Me? I couldn’t do it. I’m guessing my husband, Dan, could. Oh Daaaan?
Anyway, I thought the article was rather juvenile and I’m a bit shocked that it comes from Harvard Business School. Looking more carefully I see that it’s written by someone with a diploma from the Royal Conservatory of Music. Say what?!
But what the heck do I know? Am I being my typicall harsh self? Do tell.
Yup… I cringed especially over the remark about how “listening to Mozart” will make you smarter. To me, there’s something very sad about people claiming we should love music because “it’s good for us”. How about because we love it? And why only Mozart, for goodness sake? Just because the record store has a bin of cut-rate “Mozart Effect” CDs on sale?
This is a bit like the people who profess to love classical music because it’s “relaxing”. What the heck can they be thinking?
We’re glad we have your blog, Patty, to help keep us in touch with the flesh-and-blood world of real music making!
It’s good to know someone out there understands why that article bugged me. (But I do admit I laughed too, it was so stupid … oops, that’s mean, isn’t it? And to think the writer believes listening to Mozart makes her smarter. Hmmm. Then she wrote THAT? Yikes.)
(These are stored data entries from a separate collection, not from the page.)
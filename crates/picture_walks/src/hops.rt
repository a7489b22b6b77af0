//! The hops of a walk, as they are listed, and which of its revolutions are shown.

use base_notes::Times;
use flow_walks::Visit;
use picture_scene::{DrawnHop, Extent, PAGE_ROWS, Parts, Rows, Tallies, Walk};
use std::alloc::{AllocError, Global};

/// How many hops are looked at for the rows, from one on: rows have no more word times.
const MOST_VISITS: usize = 1200;

/// Hops that are taken one after the other, from the first of a walk on.
#[derive(Clone, Copy)]
pub struct Hops<'a> {
    pub visits: &'a [Visit],
    /// The drum's angle when the walk begins.
    pub angle: u64,
    pub times: &'a Times,
}

impl Hops<'_> {
    /// One of the hops, as it is drawn.
    fn hop(self, visit: &Visit) -> DrawnHop {
        DrawnHop {
            visit: *visit,
            parts: Parts::of(visit, self.angle, self.times),
            from: 0,
        }
    }

    /// Takes hops from one on into rows, as long as these have room.
    fn take_from(self, rows: &mut Rows, first: usize) -> Result<(), AllocError> {
        let visits = self.visits.get(first..).unwrap_or(&[]);
        for visit in visits.get(..MOST_VISITS).unwrap_or(visits) {
            if !rows.take(self.hop(visit))? {
                break;
            }
        }
        Ok(())
    }

    /// The first hop of the location at which the walk spends most word times, from 0, and the
    /// revolution in which it begins.
    fn heaviest(self, tallies: &Tallies) -> Option<(usize, u128)> {
        let most = tallies.most_time();
        let (place, visit) = self
            .visits
            .iter()
            .enumerate()
            .find(|one| tallies.at(one.1.place.number()).time == most)?;
        Some((place, self.hop(visit).first_revolution()))
    }

    /// The rows: those of the first hops; or, where the walk comes to the location at which it
    /// spends most later than these, those from there on.
    pub fn rows(
        self,
        alloc: Global,
        walk: Walk,
        tallies: &Tallies,
    ) -> Result<(Rows, Extent), AllocError> {
        let mut rows = Rows::new(alloc, PAGE_ROWS);
        self.take_from(&mut rows, 0)?;
        if let Some((place, revolution)) = self.heaviest(tallies) {
            if revolution > rows.last() {
                let mut rows = Rows::new(alloc, PAGE_ROWS);
                rows.jump();
                self.take_from(&mut rows, place)?;
                let extent = Extent::From(revolution.saturating_add(1), rows.shown.len());
                return Ok((rows, extent));
            }
        }
        let extent = Extent::until(walk, rows.last());
        Ok((rows, extent))
    }

    /// Counts the hops.
    pub fn count(self, tallies: &mut Tallies) {
        for visit in self.visits {
            tallies.count(visit, 1);
        }
    }
}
This whole “listen to it because…” (it will make you smarter/it’s relaxing/it makes you appear classier/it’s what rich people do) thing is just plain annoying. But oh well. I guess that’ll never stop, eh?
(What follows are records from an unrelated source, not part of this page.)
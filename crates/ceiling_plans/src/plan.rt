//! A plan: how often each kind of edge is taken.

use crate::places::Places;
use ceiling_optimum::Share;
use std::alloc::{AllocError, Global};

/// How often each kind is taken, and the cycles that this is made of.
#[derive(Drop)]
pub struct Plan {
    /// By kind, how often.
    pub times: Vec<i128>,
    /// The kinds of each cycle.
    pub cycles: Vec<Vec<usize>>,
    /// By mark, how often it is passed.
    pub passes: Vec<i128>,
}

impl Plan {
    /// That of shares. A part of a time is rounded down, or up.
    pub fn of(
        alloc: Global,
        places: &Places,
        shares: &[Share],
        is_up: bool,
    ) -> Result<Plan, AllocError> {
        let mut plan = Plan {
            times: vec![in alloc; 0; places.kinds.len()]?,
            cycles: Vec::new(alloc),
            passes: vec![in alloc; 0; 64]?,
        };
        for share in shares {
            let more = i128::from(is_up && share.has_part);
            let kinds = kinds_of(alloc, places, share)?;
            plan.add(places, &kinds, share.times.saturating_add(more));
            if !share.is_path {
                plan.cycles.push(kinds)?;
            }
        }
        Ok(plan)
    }

    /// Takes kinds so many times.
    fn add(&mut self, places: &Places, kinds: &[usize], times: i128) {
        for number in kinds {
            if let Some(own) = self.times.get_mut(*number) {
                *own = own.saturating_add(times);
            }
            if let Some(kind) = places.kind(*number)
                && let Some(mark) = kind.mark
                && let Some(passes) = self.passes.get_mut(usize::from(mark))
            {
                *passes = passes.saturating_add(times);
            }
        }
    }

    /// How often a kind is taken.
    pub fn times_of(&self, kind: usize) -> i128 {
        self.times.get(kind).copied().unwrap_or(0)
    }
}

/// The kinds of a way's edges.
fn kinds_of(alloc: Global, places: &Places, share: &Share) -> Result<Vec<usize>, AllocError> {
    let mut kinds = Vec::new(alloc);
    for step in &share.steps {
        if let Some(kind) = places.kind_of(step.site, step.edge) {
            kinds.push(kind)?;
        }
    }
    Ok(kinds)
}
Thank you for your encouragement! Sometimes I think I’m writing to myself here, or wasting other people’s time, with my words. But of course I love doing it and I don’t plan on stopping, no matter my insecurities. (Kind of the same way I am about my playing, to be honest.)
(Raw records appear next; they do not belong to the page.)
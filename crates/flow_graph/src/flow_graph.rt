ghost use Rattle.std.specs.Prelude.{◌≤◌, length};
ghost use Rattle.flow_graph.specs.InNodes.{AreHeld};
ghost use Rattle.flow_graph.specs.OneProof.{one_proof};

use crate::hops::Hops;
use crate::location_set::LocationSet;
use crate::nodes::Nodes;
use base_notes::Notes;
use base_words::Location;
use read_decks::Deck;

/// The flow graph of a deck under its notes: its nodes, and the executed locations with the hops of
/// each.
#[derive(Debug, Drop)]
pub struct Flow<'a> {
    pub(crate) deck: &'a Deck,
    pub(crate) notes: &'a Notes,
    pub(crate) nodes: Nodes,
    pub(crate) executed: LocationSet,
    ghost held: { AreHeld notes.now.calls nodes } by { Prim.hlevel one_proof },
    ghost few: { length nodes.nodes.keys.items ≤ 65536 },
}

impl<'a> Flow<'a> {
    ghost use Rattle.std.specs.Prelude.{◌≡◌, ◌≤◌, ◌<◌, [], ◌∷◌, map, length, slice_get, Some};
    ghost use Rattle.std.specs.Prelude.{Contains};
    ghost use Rattle.std.specs.Prelude.{IfSome, IfNone};
    ghost use Rattle.read_decks.specs.InDeck.{loads_in};
    ghost use Rattle.base_graphs.specs.Graph.{AreDifferent};
    ghost use Rattle.flow_graph.specs.Hops as said;
    ghost use Rattle.flow_graph.specs.HopsLeft.{hops_left};
    ghost use Rattle.flow_graph.specs.Executed.{onward};
    ghost use Rattle.flow_graph.specs.Flow.{deck_of, notes_of, nodes_of, executed_in};

    /// The executed locations, in the order of discovery.
    pub fn executed(&self) -> &[Location]
        ensures all { map (λ location. location.number) result.now ≡ executed_in self.now }
        ensures different { AreDifferent (executed_in self.now) }
        ensures few { length (executed_in self.now) ≤ 2004 }
    {
        self.executed.locations()
    }

    /// The deck that it is of.
    pub fn deck(&self) -> &'a Deck
        ensures { result.now ≡ deck_of self.now }
    {
        self.deck
    }

    /// The notes that it is under.
    pub fn notes(&self) -> &'a Notes
        ensures { result.now ≡ notes_of self.now }
    {
        self.notes
    }

    /// How many nodes it has, at most 65,536: locations with what is open there at the exits of
    /// calls.
    pub fn size(&self) -> usize
        ensures { result ≡ length (nodes_of self.now) }
    {
        self.nodes.len()
    }

    /// The location of the node with this index in the order of discovery, from 0.
    pub fn location(&self, node: usize) -> Location
        requires { node < length (nodes_of self.now) }
        ensures { (one : said.Node) × (slice_get (nodes_of self.now) node ≡ Some one)
            × (result.number ≡ one.place) }
    {
        self.nodes.at(node).location
    }

    /// The index of the node that an edge to a location leads to from a node; `None` where no step
    /// may go along it.
    pub fn onward(&self, node: usize, onto: Location) -> Option<usize>
        requires { node < length (nodes_of self.now) }
        ensures found { IfSome result (λ index. (from next : said.Node)
            × (slice_get (nodes_of self.now) node ≡ Some from)
            × (slice_get (nodes_of self.now) index ≡ Some next)
            × (onward (notes_of self.now) from onto.number ≡ next ∷ [])) }
        ensures none { IfNone result ((from next : said.Node)
            → slice_get (nodes_of self.now) node ≡ Some from
            → Contains (nodes_of self.now) next
            → ¬ Contains (onward (notes_of self.now) from onto.number) next) }
        ensures different { AreDifferent (nodes_of self.now) }
    {
        self.nodes
            .index_onward(self.notes, self.nodes.at(node), onto)
    }

    /// The index of a location in the order of discovery, from 0; `None` for one that isn't
    /// executed.
    pub fn index_of(&self, location: Location) -> Option<usize>
        ensures found { IfSome result (λ index.
            slice_get (executed_in self.now) index ≡ Some location.number) }
        ensures none { IfNone result (¬ Contains (executed_in self.now) location.number) }
        ensures different { AreDifferent (executed_in self.now) }
    {
        // What `locations` ensures of them: they differ.
        let _executed = self.executed.locations();
        self.executed.index_of(location)
    }

    /// The hops of a location, in order: none where the location isn't executed.
    pub fn hops(&self, location: Location) -> Hops<'a>
        ensures executed { Contains (executed_in self.now) location.number
            → hops_left result ≡ said.hops (loads_in (deck_of self.now))
            (notes_of self.now) location.number }
        ensures others { ¬ Contains (executed_in self.now) location.number → hops_left result ≡ [] }
    {
        match self.executed.index_of(location) {
            Some(_) => Hops::at(self.deck, self.notes, location),
            None => Hops::none(self.notes),
        }
    }
}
Funny. I have no idea whether classical music (or any music) is good for me in any sense. Fifty years ago I might have made a list something like
Handel: Messiah
Mozart. Jupiter, Don Giovanni
Beethoven. Fifth Symphony
Berlioz. Symphony Fantastique
Brahms. First Symphony
Wagner. Flying Dutchman
maybe some jazz
no pops
and now I would not change much, maybe 3rd ahead of 5th Symphony for Beethoven, as well as 1st and 2nd (which I did not like at all when I was much younger), all Beethoven piano sonatas, Marriage of Figaro ahead of the Don with Magic flute a close third, lots of early 20th century French flute music, Piazzolla’s Maria de Buenas Aires, La Traviata, Rake’s Progress, and lots more. I really could not choose a list, any list would be terribly incomplete. I heard a Cage percussion piece performed a couple of weeks ago, and I loved it; I would not have crossed the street to listen to it before I heard it. And where would jazz and pop be in all of this? A memorable musical experience for me and my wife was stopping for gas at a station about 45 miles east of Kansas City late one warm summer night, and hearing Elvis singing “Don’t Be Cruel.” (I heard Hound Dog on the juke box at the Student Union at Cal too many mornings to care at all for Elvis, and pretty much a similar dislike of most of the 50’s pops.)
In the middle of those past 50 years I went through a terrible time of depression; then I did not hear any kind of music with pleasure. Enjoying music has been the best part of my recovery.
Yes, music is good for you if you like it. But so are ice cream, poetry, roast beef, sex, visual art and much more.
Things can be good for you. The same things can be bad for you. Music is, for me, like breathing … or at least I want it to be. Truth is, though, I could live without it forced to. Breathing is rather essential.
In any case, I simply can’t put a list together. It would change constantly. I can tell you which pieces send me into a “state” … whether it be happiness, sorrow, or even self-pity. But even those might change depending upon the day, my mood, and so much more. (My husband used to be able to tell, back in my rather bad days, if he should really come into the room by hearing just what I was listening to!)